What to produce
Set down each line from the start of the material exactly, please, up to and including the one that contains "bytes that are".

Task inputs

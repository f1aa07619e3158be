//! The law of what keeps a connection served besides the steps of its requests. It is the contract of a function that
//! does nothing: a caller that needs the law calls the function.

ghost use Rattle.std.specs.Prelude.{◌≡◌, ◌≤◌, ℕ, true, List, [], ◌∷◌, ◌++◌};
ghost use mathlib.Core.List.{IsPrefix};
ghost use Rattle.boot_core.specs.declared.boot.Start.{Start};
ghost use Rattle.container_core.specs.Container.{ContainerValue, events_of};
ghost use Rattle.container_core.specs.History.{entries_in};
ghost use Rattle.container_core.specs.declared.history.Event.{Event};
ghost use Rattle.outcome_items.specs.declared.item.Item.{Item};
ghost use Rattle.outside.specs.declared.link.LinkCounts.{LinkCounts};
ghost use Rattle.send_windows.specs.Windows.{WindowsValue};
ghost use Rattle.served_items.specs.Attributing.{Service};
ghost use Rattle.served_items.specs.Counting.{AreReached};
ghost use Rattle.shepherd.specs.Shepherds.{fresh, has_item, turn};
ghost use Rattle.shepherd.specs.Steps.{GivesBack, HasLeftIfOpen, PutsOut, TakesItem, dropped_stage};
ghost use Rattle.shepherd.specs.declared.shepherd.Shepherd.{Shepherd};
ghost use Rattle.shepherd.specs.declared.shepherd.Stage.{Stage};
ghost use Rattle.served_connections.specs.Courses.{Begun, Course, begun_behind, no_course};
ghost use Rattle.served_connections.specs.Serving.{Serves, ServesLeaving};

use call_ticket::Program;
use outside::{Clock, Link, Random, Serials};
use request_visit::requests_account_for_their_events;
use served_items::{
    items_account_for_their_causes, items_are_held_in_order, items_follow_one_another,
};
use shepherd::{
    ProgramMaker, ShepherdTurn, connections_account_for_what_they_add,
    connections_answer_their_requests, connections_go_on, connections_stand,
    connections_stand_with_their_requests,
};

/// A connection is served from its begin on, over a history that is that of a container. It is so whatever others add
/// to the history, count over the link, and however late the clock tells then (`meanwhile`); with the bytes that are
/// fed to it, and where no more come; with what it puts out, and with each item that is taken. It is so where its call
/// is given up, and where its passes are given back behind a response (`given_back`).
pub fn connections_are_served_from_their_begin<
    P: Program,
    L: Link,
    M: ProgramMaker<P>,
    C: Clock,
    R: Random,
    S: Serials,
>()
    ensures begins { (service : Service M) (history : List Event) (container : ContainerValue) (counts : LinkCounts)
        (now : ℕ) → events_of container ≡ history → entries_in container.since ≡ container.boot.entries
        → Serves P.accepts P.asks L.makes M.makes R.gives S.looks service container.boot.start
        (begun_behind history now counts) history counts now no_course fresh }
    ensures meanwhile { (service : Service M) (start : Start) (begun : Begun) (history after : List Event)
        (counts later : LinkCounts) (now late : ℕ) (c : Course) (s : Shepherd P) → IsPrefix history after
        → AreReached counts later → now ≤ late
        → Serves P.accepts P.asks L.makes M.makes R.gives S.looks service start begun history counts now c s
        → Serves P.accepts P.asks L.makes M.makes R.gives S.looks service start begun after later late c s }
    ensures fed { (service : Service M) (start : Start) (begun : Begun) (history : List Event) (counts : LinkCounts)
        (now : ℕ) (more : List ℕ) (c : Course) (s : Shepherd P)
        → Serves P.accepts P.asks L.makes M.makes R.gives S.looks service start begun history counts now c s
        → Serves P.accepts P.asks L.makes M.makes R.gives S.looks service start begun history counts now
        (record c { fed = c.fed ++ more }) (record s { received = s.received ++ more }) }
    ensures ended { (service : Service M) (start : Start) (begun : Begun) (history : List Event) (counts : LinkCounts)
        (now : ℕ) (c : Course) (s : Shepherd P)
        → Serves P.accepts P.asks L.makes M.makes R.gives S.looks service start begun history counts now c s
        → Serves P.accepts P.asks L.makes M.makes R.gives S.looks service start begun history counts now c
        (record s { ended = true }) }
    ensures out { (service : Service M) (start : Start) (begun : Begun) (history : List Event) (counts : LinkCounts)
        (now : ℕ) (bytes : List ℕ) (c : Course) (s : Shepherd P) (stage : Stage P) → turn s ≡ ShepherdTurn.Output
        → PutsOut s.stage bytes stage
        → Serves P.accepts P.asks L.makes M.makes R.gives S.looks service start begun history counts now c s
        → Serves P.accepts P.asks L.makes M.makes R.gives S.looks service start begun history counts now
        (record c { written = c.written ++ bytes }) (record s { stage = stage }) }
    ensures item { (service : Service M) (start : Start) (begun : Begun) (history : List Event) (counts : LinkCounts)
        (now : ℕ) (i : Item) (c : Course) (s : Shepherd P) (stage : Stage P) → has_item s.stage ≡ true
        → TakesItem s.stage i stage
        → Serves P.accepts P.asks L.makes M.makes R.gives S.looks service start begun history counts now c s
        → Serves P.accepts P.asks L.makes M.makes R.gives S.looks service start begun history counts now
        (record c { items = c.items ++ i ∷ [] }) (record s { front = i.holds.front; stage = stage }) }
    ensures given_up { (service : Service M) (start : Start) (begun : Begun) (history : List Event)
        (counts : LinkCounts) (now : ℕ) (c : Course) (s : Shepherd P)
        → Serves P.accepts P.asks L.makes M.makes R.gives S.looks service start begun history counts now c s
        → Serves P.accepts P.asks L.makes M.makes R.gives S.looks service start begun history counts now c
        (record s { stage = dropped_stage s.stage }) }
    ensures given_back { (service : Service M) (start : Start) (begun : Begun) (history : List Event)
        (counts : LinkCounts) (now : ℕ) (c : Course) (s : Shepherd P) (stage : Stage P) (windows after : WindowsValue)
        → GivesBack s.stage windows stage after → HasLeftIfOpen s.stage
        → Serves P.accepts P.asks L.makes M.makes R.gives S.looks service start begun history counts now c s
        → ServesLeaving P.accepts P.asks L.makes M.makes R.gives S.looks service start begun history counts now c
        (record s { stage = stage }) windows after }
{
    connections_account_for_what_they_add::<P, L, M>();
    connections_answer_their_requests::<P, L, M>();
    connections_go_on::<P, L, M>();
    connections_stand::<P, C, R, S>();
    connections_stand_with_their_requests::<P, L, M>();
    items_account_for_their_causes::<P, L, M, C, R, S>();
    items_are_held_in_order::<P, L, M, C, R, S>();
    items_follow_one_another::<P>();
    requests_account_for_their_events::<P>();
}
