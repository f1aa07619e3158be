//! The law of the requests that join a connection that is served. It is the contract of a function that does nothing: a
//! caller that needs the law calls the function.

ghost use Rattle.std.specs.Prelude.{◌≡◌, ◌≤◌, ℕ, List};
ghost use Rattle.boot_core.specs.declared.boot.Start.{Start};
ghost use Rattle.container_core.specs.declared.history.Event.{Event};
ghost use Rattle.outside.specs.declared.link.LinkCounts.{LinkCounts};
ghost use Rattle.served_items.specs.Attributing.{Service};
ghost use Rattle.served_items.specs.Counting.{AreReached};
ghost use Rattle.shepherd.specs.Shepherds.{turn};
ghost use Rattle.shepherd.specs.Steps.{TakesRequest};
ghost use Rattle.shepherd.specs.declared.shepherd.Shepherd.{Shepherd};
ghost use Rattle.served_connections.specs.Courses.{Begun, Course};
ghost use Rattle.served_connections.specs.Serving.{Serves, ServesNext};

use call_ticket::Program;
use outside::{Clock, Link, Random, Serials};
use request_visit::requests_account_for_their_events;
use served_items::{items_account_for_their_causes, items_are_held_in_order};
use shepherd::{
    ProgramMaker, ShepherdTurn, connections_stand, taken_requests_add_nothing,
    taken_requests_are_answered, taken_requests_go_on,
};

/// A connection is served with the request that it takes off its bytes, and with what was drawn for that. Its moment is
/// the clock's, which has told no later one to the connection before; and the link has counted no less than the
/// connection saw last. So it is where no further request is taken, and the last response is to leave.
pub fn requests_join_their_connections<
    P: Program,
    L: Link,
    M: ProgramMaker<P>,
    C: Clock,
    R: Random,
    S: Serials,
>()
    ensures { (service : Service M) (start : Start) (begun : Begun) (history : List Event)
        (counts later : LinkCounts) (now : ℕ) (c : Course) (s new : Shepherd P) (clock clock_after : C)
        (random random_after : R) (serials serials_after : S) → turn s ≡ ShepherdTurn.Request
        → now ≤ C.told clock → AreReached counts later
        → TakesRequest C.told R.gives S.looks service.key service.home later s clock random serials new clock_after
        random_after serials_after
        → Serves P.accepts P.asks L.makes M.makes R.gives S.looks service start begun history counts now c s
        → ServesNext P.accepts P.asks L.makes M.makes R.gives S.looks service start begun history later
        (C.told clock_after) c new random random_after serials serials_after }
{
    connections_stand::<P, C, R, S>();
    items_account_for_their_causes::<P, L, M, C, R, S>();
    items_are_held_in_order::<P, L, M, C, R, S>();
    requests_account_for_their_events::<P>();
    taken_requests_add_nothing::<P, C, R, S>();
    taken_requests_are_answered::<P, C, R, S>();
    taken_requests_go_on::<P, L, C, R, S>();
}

Exercise solution
repository f1aa07619e3158be
//! The law of what keeps a connection served besides the steps of its requests. It is the contract of a function that
//! does nothing: a caller that needs the law calls the function.

ghost use Rattle.std.specs.Prelude.{◌≡◌, ◌≤◌, ℕ, true, List, [], ◌∷◌, ◌++◌};
ghost use mathlib.Core.List.{IsPrefix};
ghost use Rattle.boot_core.specs.declared.boot.Start.{Start};
ghost use Rattle.container_core.specs.Container.{ContainerValue, events_of};
ghost use Rattle.container_core.specs.History.{entries_in};
ghost use Rattle.container_core.specs.declared.history.Event.{Event};
ghost use Rattle.outcome_items.specs.declared.item.Item.{Item};
ghost use Rattle.outside.specs.declared.link.LinkCounts.{LinkCounts};
ghost use Rattle.send_windows.specs.Windows.{WindowsValue};
ghost use Rattle.served_items.specs.Attributing.{Service};
ghost use Rattle.served_items.specs.Counting.{AreReached};
ghost use Rattle.shepherd.specs.Shepherds.{fresh, has_item, turn};
ghost use Rattle.shepherd.specs.Steps.{GivesBack, HasLeftIfOpen, PutsOut, TakesItem, dropped_stage};
ghost use Rattle.shepherd.specs.declared.shepherd.Shepherd.{Shepherd};
ghost use Rattle.shepherd.specs.declared.shepherd.Stage.{Stage};
ghost use Rattle.served_connections.specs.Courses.{Begun, Course, begun_behind, no_course};
ghost use Rattle.served_connections.specs.Serving.{Serves, ServesLeaving};

use call_ticket::Program;
use outside::{Clock, Link, Random, Serials};
use request_visit::requests_account_for_their_events;
use served_items::{
    items_account_for_their_causes, items_are_held_in_order, items_follow_one_another,
};
use shepherd::{
    ProgramMaker, ShepherdTurn, connections_account_for_what_they_add,
    connections_answer_their_requests, connections_go_on, connections_stand,
    connections_stand_with_their_requests,
};

/// A connection is served from its begin on, over a history that is that of a container. It is so whatever others add
/// to the history, count over the link, and however late the clock tells then (`meanwhile`); with the bytes that are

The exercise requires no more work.